6 mois sans acheter de chaussures

6 mois sans acheter de chaussures

Ouais t’as bien lu. Cela fait 6 mois que je n’ai pas acheté de chaussures. 6 mois. Je suis à la fois super fière de moi mais en même temps triste d’en arriver à presque « célébrer » ce genre de chose. Pour l’amoureuse du fast fashion que je suis, comment en suis-je arrivée à ne pas acheter de chaussures pendant 6 mois ?

Acheter toujours et toujours plus.

J’ai mis du temps (comparé notamment à certaines de mes amies) à me découvrir une passion pour les vêtements, chaussures, accessoires et même le maquillage. Tu comprends bien que ce temps est néanmoins révolu et qu’aujourd’hui oui, je suis une vraie nana et tout ça c’est mon truc. Déjà avant de travailler je faisais souvent les boutiques que ce soit avec ma mère ou avec mes copines. Puis j’ai commencé à travailler (job étudiant) et les choses se sont accélérées progressivement, sans finalement que je ne m’en rende vraiment compte.

Et tous les jours cette même rengaine « J’ai rien à me mettre » « Non mais ce pull est trop laid » « Olalala ce jean s’est tellement détendu » etc etc. Tu la connais sûrement aussi.

Résultat des tonnes de vêtements qui n’ont pas toujours le temps de s’user. Des tonnes de chaussures qui ne sortent pas toute l’année. Et je ne te parle même pas du maquillage… Enfin si je vais t’en parler, histoire d’enfoncer le clou.

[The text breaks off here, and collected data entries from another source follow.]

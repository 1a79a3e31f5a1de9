//! What holds of every stream of frames. These functions do nothing: their contracts are the laws.
ghost use Rattle.std.specs.Prelude.{◌≡◌, ℕ, List, ◌++◌};
ghost use Rattle.h3_wire.specs.Asking.{ReadsOnce, Rounds};
ghost use Rattle.h3_wire.specs.OneAnswer.{IsFunction, OneAnswer, OneStart};
ghost use Rattle.h3_wire.specs.Buffering.{AnswersFrom};
ghost use Rattle.h3_wire.specs.Starting.{StartRounds};
ghost use Rattle.h3_wire.specs.Reads.{reads, then_more};
ghost use Rattle.h3_wire.specs.declared.frame.payload_left.PayloadLeft.{PayloadLeft};

use crate::quic::RecvStream;
pub use h3_frames::laws::{
    less_than_a_frame_is_unfinished, refused_stays_refused, written_is_read,
};

/// However bytes are cut, they read alike: what a front of them reads as is settled, but for its
/// rest, which more bytes only continue.
pub fn cuts_do_not_matter()
    ensures { (payload : PayloadLeft) (bytes more : List ℕ) → reads payload (bytes ++ more) ≡ then_more (reads payload bytes) more }
{}

/// What a stream of frames, a stream whose type is read, or a buffered stream answers and leaves
/// rests on its buffer and source alone. If the source has one answer, so has each call, unless an
/// allocation fails.
pub fn answers_rest_on_buffer_and_source<S: RecvStream>()
    ensures frame { IsFunction S.answers → OneAnswer (Rounds S.answers) }
    ensures piece { IsFunction S.answers → OneAnswer (ReadsOnce S.answers) }
    ensures start { IsFunction S.answers → OneStart (StartRounds S.answers) }
    ensures buffered { IsFunction S.answers → IsFunction (AnswersFrom S.answers) }
{}
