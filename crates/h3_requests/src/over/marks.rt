//! A mark of one byte for each request stream, by its id. No call moves more than a page, however many there are.
ghost use Rattle.std.specs.Prelude.{◌≡◌, ◌<◌, ◌≤◌, ◌/◌, ◌%◌, ◌^◌, ◌==◌, ℕ, [], length, true, false, nat_lt, IfSome, slice_index_or};
ghost use Rattle.std.specs.Prelude.{slice_set, OnOk};
ghost use Rattle.h3_requests.specs.Greatest.{IsGreatest};
ghost use Rattle.h3_requests.specs.Marks.{is_last, mark_at, page_marks, AreBelow, HaveSameMarks, IsOneMark};

use std::alloc::{AllocError, Global};
use std::collections::BTreeMap;
use std::mem;

/// The ids of request streams are four apart (RFC 9000, section 2.1).
const STEP: u64 = 4;

/// How many streams share a page.
const PAGE: u64 = 128;

/// Marks by the ids of their streams. One that is 0 is not there.
#[derive(Drop)]
pub(crate) struct Marks {
    // the page that came last, if one has come, and its number: so streams that follow one another are found with no search
    number: u64,
    last: Vec<u8>,
    // the other pages, each with the marks of all its streams
    pages: BTreeMap<u64, Vec<u8>>,
    // the greatest id that was marked
    top: u64,
}

// The number of a stream's page.
fn page_of(id: u64) -> u64
    ensures { result ≡ id / 512 }
{
    id / (STEP * PAGE)
}

// The place of a stream in its page.
fn place_of(id: u64) -> usize
    ensures value { result ≡ id / 4 % 128 }
    ensures within { result < 128 }
{
    (id / STEP % PAGE) as usize
}

// Whether it is the id of a request stream.
fn has_place(id: u64) -> bool
    ensures { result ≡ (id % 4 == 0) }
{
    id % STEP == 0
}

// Makes a page so long that it has this place.
fn lengthen(page: &mut Vec<u8>, place: usize) -> Result<(), AllocError>
    requires { place < 128 }
    ensures same { (k : ℕ) → slice_index_or page.new.items k 0 ≡ slice_index_or page.old.items k 0 }
    ensures longer { length page.old.items ≤ length page.new.items }
{
    if place < page.len() {
        return Ok(());
    }
    fill(page, PAGE as usize)
}

// Makes a page so long, if it is shorter.
#[inline(never)]
fn fill(page: &mut Vec<u8>, len: usize) -> Result<(), AllocError>
    requires { length page.old.items < len }
    ensures same { (k : ℕ) → slice_index_or page.new.items k 0 ≡ slice_index_or page.old.items k 0 }
    ensures longer { length page.old.items ≤ length page.new.items }
{
    page.resize(len, 0)
}

// The mark at a place of a page, or 0.
fn mark_in(page: &[u8], place: usize) -> u8
    ensures { result ≡ slice_index_or page.now place 0 }
{
    match page.get(place) {
        Some(mark) => *mark,
        None => 0,
    }
}

// Sets the mark at a place of a page, if it has that place, and returns whether it has.
fn set_in(page: &mut [u8], place: usize, mark: u8) -> bool
    ensures set { result ≡ true → (place < length page.old) × (page.new ≡ slice_set page.old place mark) }
    ensures same { result ≡ false → page.new ≡ page.old }
    ensures none { result ≡ false → length page.old ≤ place }
{
    if place >= page.len() {
        return false;
    }
    page[place] = mark;
    true
}

impl Marks {
    /// No mark. It takes no memory.
    pub(crate) fn new(alloc: Global) -> Marks
        ensures none { (id : ℕ) → mark_at result id ≡ 0 }
    {
        Marks {
            number: 0,
            last: Vec::new(alloc),
            pages: BTreeMap::new(alloc),
            top: 0,
        }
    }

    // Whether it is the number of the page that came last.
    fn is_last(&self, number: u64) -> bool
        ensures { result ≡ is_last self.now number }
    {
        number == self.number && self.last.len() > 0
    }

    /// The mark of a stream, or 0.
    pub(crate) fn get(&self, id: u64) -> u8
        ensures { result ≡ mark_at self.now id }
    {
        if !has_place(id) {
            return 0;
        }
        let number = page_of(id);
        if self.is_last(number) {
            return mark_in(&self.last, place_of(id));
        }
        match self.pages.get(&number) {
            Some(page) => mark_in(page, place_of(id)),
            None => 0,
        }
    }

    /// The same, with one test if no stream has a mark, and with two if it is no request stream.
    #[inline(always)]
    pub(crate) fn get_if_any(&self, id: u64) -> u8
        requires { AreBelow self.now }
        ensures { result ≡ mark_at self.now id }
    {
        if id > self.top || !has_place(id) {
            return 0;
        }
        self.get_with_call(id)
    }

    // The mark of a stream, or 0: a call of its own.
    #[inline(never)]
    fn get_with_call(&self, id: u64) -> u8
        ensures { result ≡ mark_at self.now id }
    {
        self.get(id)
    }

    /// Takes memory for the mark of a stream, so that setting it takes none.
    pub(crate) fn reserve(&mut self, alloc: Global, id: u64) -> Result<(), AllocError>
        ensures same { HaveSameMarks (mark_at self.old) (mark_at self.new) }
        ensures top { self.new.top ≡ self.old.top }
    {
        let number = page_of(id);
        let place = place_of(id);
        if self.is_last(number) {
            return lengthen(&mut self.last, place);
        }
        self.reserve_far(alloc, number, place)
    }

    // The same on another page than the last one.
    #[inline(never)]
    fn reserve_far(&mut self, alloc: Global, number: u64, place: usize) -> Result<(), AllocError>
        requires within { place < 128 }
        requires other { is_last self.old number ≡ false }
        ensures same { HaveSameMarks (mark_at self.old) (mark_at self.new) }
        ensures top { self.new.top ≡ self.old.top }
    {
        let Some(page) = self.pages.get_mut(&number) else {
            return self.add_page(alloc, number, place);
        };
        lengthen(page, place)
    }

    // A new page, as long as it has to be. It is the last one then.
    #[inline(never)]
    fn add_page(&mut self, alloc: Global, number: u64, place: usize) -> Result<(), AllocError>
        requires within { place < 128 }
        requires absent { page_marks self.old number ≡ [] }
        ensures same { HaveSameMarks (mark_at self.old) (mark_at self.new) }
        ensures top { self.new.top ≡ self.old.top }
    {
        let mut page = Vec::new(alloc);
        lengthen(&mut page, place)?;
        self.put_by(alloc)?;
        self.number = number;
        self.last = page;
        Ok(())
    }

    // The page that came last goes to the others. An `Err` changes nothing: an allocation failed.
    fn put_by(&mut self, alloc: Global) -> Result<(), AllocError>
        ensures same { (number : ℕ) → page_marks self.new number ≡ page_marks self.old number }
        ensures none { OnOk result (self.new.last.items ≡ []) }
        ensures top { self.new.top ≡ self.old.top }
    {
        if self.last.is_empty() {
            return Ok(());
        }
        let last = mem::replace(&mut self.last, Vec::new(alloc));
        match self.pages.insert(self.number, last) {
            Ok(_) => Ok(()),
            Err(failed) => {
                self.last = failed.value.1;
                Err(AllocError)
            }
        }
    }

    /// Sets the mark of a stream for which memory was taken. Elsewhere nothing changes, and it says so.
    pub(crate) fn set(&mut self, id: u64, mark: u8) -> bool
        ensures set { result ≡ true → IsOneMark id mark (mark_at self.old) (mark_at self.new) }
        ensures same { result ≡ false → HaveSameMarks (mark_at self.old) (mark_at self.new) }
        ensures none { result ≡ false → mark_at self.old id ≡ 0 }
        ensures below { AreBelow self.old → AreBelow self.new }
    {
        if !self.write(id, mark) {
            return false;
        }
        if mark > 0 && id > self.top {
            self.top = id;
        }
        true
    }

    // The same of the mark alone.
    fn write(&mut self, id: u64, mark: u8) -> bool
        ensures set { result ≡ true → IsOneMark id mark (mark_at self.old) (mark_at self.new) }
        ensures same { result ≡ false → HaveSameMarks (mark_at self.old) (mark_at self.new) }
        ensures none { result ≡ false → mark_at self.old id ≡ 0 }
        ensures top { self.new.top ≡ self.old.top }
    {
        if !has_place(id) {
            return false;
        }
        let number = page_of(id);
        let place = place_of(id);
        if self.is_last(number) {
            return set_in(&mut self.last, place, mark);
        }
        self.set_far(id, mark)
    }

    // The same on another page than the last one.
    #[inline(never)]
    fn set_far(&mut self, id: u64, mark: u8) -> bool
        requires stream { id % 4 ≡ 0 }
        requires other { is_last self.old (id / 512) ≡ false }
        ensures set { result ≡ true → IsOneMark id mark (mark_at self.old) (mark_at self.new) }
        ensures same { result ≡ false → HaveSameMarks (mark_at self.old) (mark_at self.new) }
        ensures none { result ≡ false → mark_at self.old id ≡ 0 }
        ensures top { self.new.top ≡ self.old.top }
    {
        let Some(page) = self.pages.get_mut(&page_of(id)) else {
            return false;
        };
        set_in(page, place_of(id), mark)
    }

    /// The greatest id of a stream that has a mark. It goes down from the greatest that ever had one, which mostly has it still.
    pub(crate) fn greatest(&self) -> Option<u64>
        requires { AreBelow self.now }
        ensures fits { IfSome result (λ id. id < 2 ^ 64) }
        ensures value { IsGreatest (λ id. nat_lt 0 (mark_at self.now id)) result }
    {
        let mut id = self.top;
        while id > 0 {
            if self.get(id) > 0 {
                return Some(id);
            }
            id -= 1;
        }
        if self.get(0) > 0 { Some(0) } else { None }
    }
}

Il y a plus d’un an je te disais déjà que j’avais trop mais beaucoup trop de rouges à lèvres, mais c’est un tout. Les crèmes du jour s’entassent à côté des crèmes pour le corps que je ne mets jamais. Je collectionne les palettes Naked d’Urban Decay et je récolte avec amour tous les cadeaux de marque que je pouvais avoir lors d’un stage dans la beauté. Clairement, mes placards dégueulent de produits et moi tous les matins j’ai le même rituel : bb crème & mascara…

Quand trop c’est trop

Petit à petit j’ai eu la sensation d’étouffer au milieu de mon joyeux bordel. Trop de vêtements difformes, passés, trop de maquillage à user que je n’use jamais, trop de place prise dans mes placards, trop de trop et trop de tout.

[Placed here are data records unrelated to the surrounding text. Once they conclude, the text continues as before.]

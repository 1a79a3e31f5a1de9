//! The ways in which streams are over, those of each precedence apart: so none makes another one's search longer.
ghost use Rattle.std.specs.Prelude.{◌≡◌, ◌≢◌, ◌<◌, ◌≤◌, ◌==◌, ℕ, [], Some, true, false, length, option_copied, IfSome};
ghost use Rattle.h3_connection.specs.declared.event.StreamFault.TheVariants.{Reset};
ghost use Rattle.h3_requests.specs.Over.{group_of, way_at, ways_in, AddsWays, HasWays, IsOver, IsWay};

use super::{Way, way_of};
use crate::stream::RequestStream;
use h3_connection::order::Precedence;
use std::alloc::{AllocError, Global};
use std::collections::BTreeMap;

/// Ways in groups, one for each precedence.
#[derive(Drop)]
pub(crate) struct Ways {
    // those of streams of which no priority was said, and which are not held
    plain: Vec<Way>,
    // those of other streams, by their groups
    others: BTreeMap<u8, Vec<Way>>,
}

/// The group of the streams of a precedence, below 128. It is 0 if no priority was said and they are not held.
pub(crate) fn group_of(precedence: &Precedence) -> u8
    ensures { result ≡ group_of precedence.now }
{
    let urgency = (precedence.priority.urgency() + 5) % 8;
    let incremental = precedence.priority.is_incremental() as u8;
    let held = precedence.is_held as u8;
    urgency * 16 + incremental * 8 + held * 4 + precedence.source.rank()
}

impl Ways {
    /// No way. It takes no memory.
    pub(crate) fn new(alloc: Global) -> Ways
        ensures { (group : ℕ) → ways_in result group ≡ [] }
    {
        Ways {
            plain: Vec::new(alloc),
            others: BTreeMap::new(alloc),
        }
    }

    /// What memory is taken from.
    pub(crate) fn allocator(&self) -> Global {
        *self.plain.allocator()
    }

    /// Takes memory for two ways more, so that a stream of which no priority was said is mostly put in without.
    pub(crate) fn reserve(&mut self) -> Result<(), AllocError>
        ensures { ways_in self.new ≡ ways_in self.old }
    {
        self.plain.reserve(2)
    }

    /// A way of a group, if it is there. (A call of its own: most streams that are looked up are not over.)
    #[inline(never)]
    pub(crate) fn get(&self, group: u8, way: u8) -> Option<&Way>
        ensures { option_copied result ≡ way_at (ways_in self.now group) way }
    {
        if group == 0 {
            return way_in(&self.plain, way);
        }
        match self.others.get(&group) {
            Some(ways) => way_in(ways, way),
            None => None,
        }
    }

    /// The way of a group in which a stream is over, each with a code of its own or not. It is 0 if there are too many, or if an allocation
    /// fails for one more.
    pub(crate) fn way_of(
        &mut self,
        group: u8,
        stream: &RequestStream,
        has_code: bool,
        most: usize,
    ) -> u8
        requires over { IsOver stream.now }
        requires ways { (group way : ℕ) → IfSome (way_at (ways_in self.old group) way) IsWay }
        requires code { has_code ≡ true → stream.now.incoming.fault ≡ Some (Reset 0) }
        requires most { most ≤ 255 }
        ensures is { 0 < result → way_at (ways_in self.new group) result ≡ Some (record { stream = stream.now; has_code = has_code }) }
        ensures known { result ≤ length (ways_in self.new group) }
        ensures others { HasWays (ways_in self.old group) (ways_in self.new group) }
        ensures adds { AddsWays (ways_in self.old group) (ways_in self.new group) }
        ensures rest { (other : ℕ) → other ≢ group → ways_in self.new other ≡ ways_in self.old other }
    {
        if group == 0 {
            return way_of(&mut self.plain, stream, has_code, most);
        }
        self.other_way_of(group, stream, has_code, most)
    }

    // The same of streams of which a priority was said, or that are held.
    #[inline(never)]
    fn other_way_of(&mut self, group: u8, stream: &RequestStream, has_code: bool, most: usize) -> u8
        requires group { (group == 0) ≡ false }
        requires over { IsOver stream.now }
        requires ways { (group way : ℕ) → IfSome (way_at (ways_in self.old group) way) IsWay }
        requires code { has_code ≡ true → stream.now.incoming.fault ≡ Some (Reset 0) }
        requires most { most ≤ 255 }
        ensures is { 0 < result → way_at (ways_in self.new group) result ≡ Some (record { stream = stream.now; has_code = has_code }) }
        ensures known { result ≤ length (ways_in self.new group) }
        ensures others { HasWays (ways_in self.old group) (ways_in self.new group) }
        ensures adds { AddsWays (ways_in self.old group) (ways_in self.new group) }
        ensures rest { (other : ℕ) → other ≢ group → ways_in self.new other ≡ ways_in self.old other }
    {
        let Some(ways) = self.others.get_mut(&group) else {
            return self.add_group(group, stream, has_code, most);
        };
        way_of(ways, stream, has_code, most)
    }

    // The first way of a group.
    fn add_group(&mut self, group: u8, stream: &RequestStream, has_code: bool, most: usize) -> u8
        requires group { (group == 0) ≡ false }
        requires absent { ways_in self.old group ≡ [] }
        requires over { IsOver stream.now }
        requires code { has_code ≡ true → stream.now.incoming.fault ≡ Some (Reset 0) }
        requires most { most ≤ 255 }
        ensures is { 0 < result → way_at (ways_in self.new group) result ≡ Some (record { stream = stream.now; has_code = has_code }) }
        ensures known { result ≤ length (ways_in self.new group) }
        ensures others { HasWays (ways_in self.old group) (ways_in self.new group) }
        ensures adds { AddsWays (ways_in self.old group) (ways_in self.new group) }
        ensures rest { (other : ℕ) → other ≢ group → ways_in self.new other ≡ ways_in self.old other }
    {
        let mut ways = Vec::new(self.allocator());
        let way = way_of(&mut ways, stream, has_code, most);
        let Ok(_) = self.others.insert(group, ways) else {
            return 0;
        };
        way
    }
}

// A way by its number, if it is there.
fn way_in(ways: &[Way], way: u8) -> Option<&Way>
    ensures { option_copied result ≡ way_at ways.now way }
{
    if way == 0 {
        return None;
    }
    ways.get(way as usize - 1)
}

C’est simple d’un côté j’adorais accumuler toutes ces choses et de l’autre je trouvais ça bête et quelque part je culpabilisais de ne pouvoir utiliser et user chacun de ces produits ou de ces vêtements. Je n’osais pas jeter, je trouvais toujours une bonne excuse pour garder. Puis j’en ai marre que veux-tu. Du coup j’ai jeté. Oui ça fait mal, mais j’ai jeté ce pot de crème qui m’avait été offert au taff, que j’avais déjà utilisé (un peu seulement) et surtout qui avait viré… Ouais c’est con hein ? C’est ce que je me suis dit aussi. J’ai donné ce que je pouvais, j’ai jeté ce qui était périmé (notamment dans les soins) et j’ai gardé ce qui me plaisait le plus ou ce que je n’avais pas encore le cœur à jeter.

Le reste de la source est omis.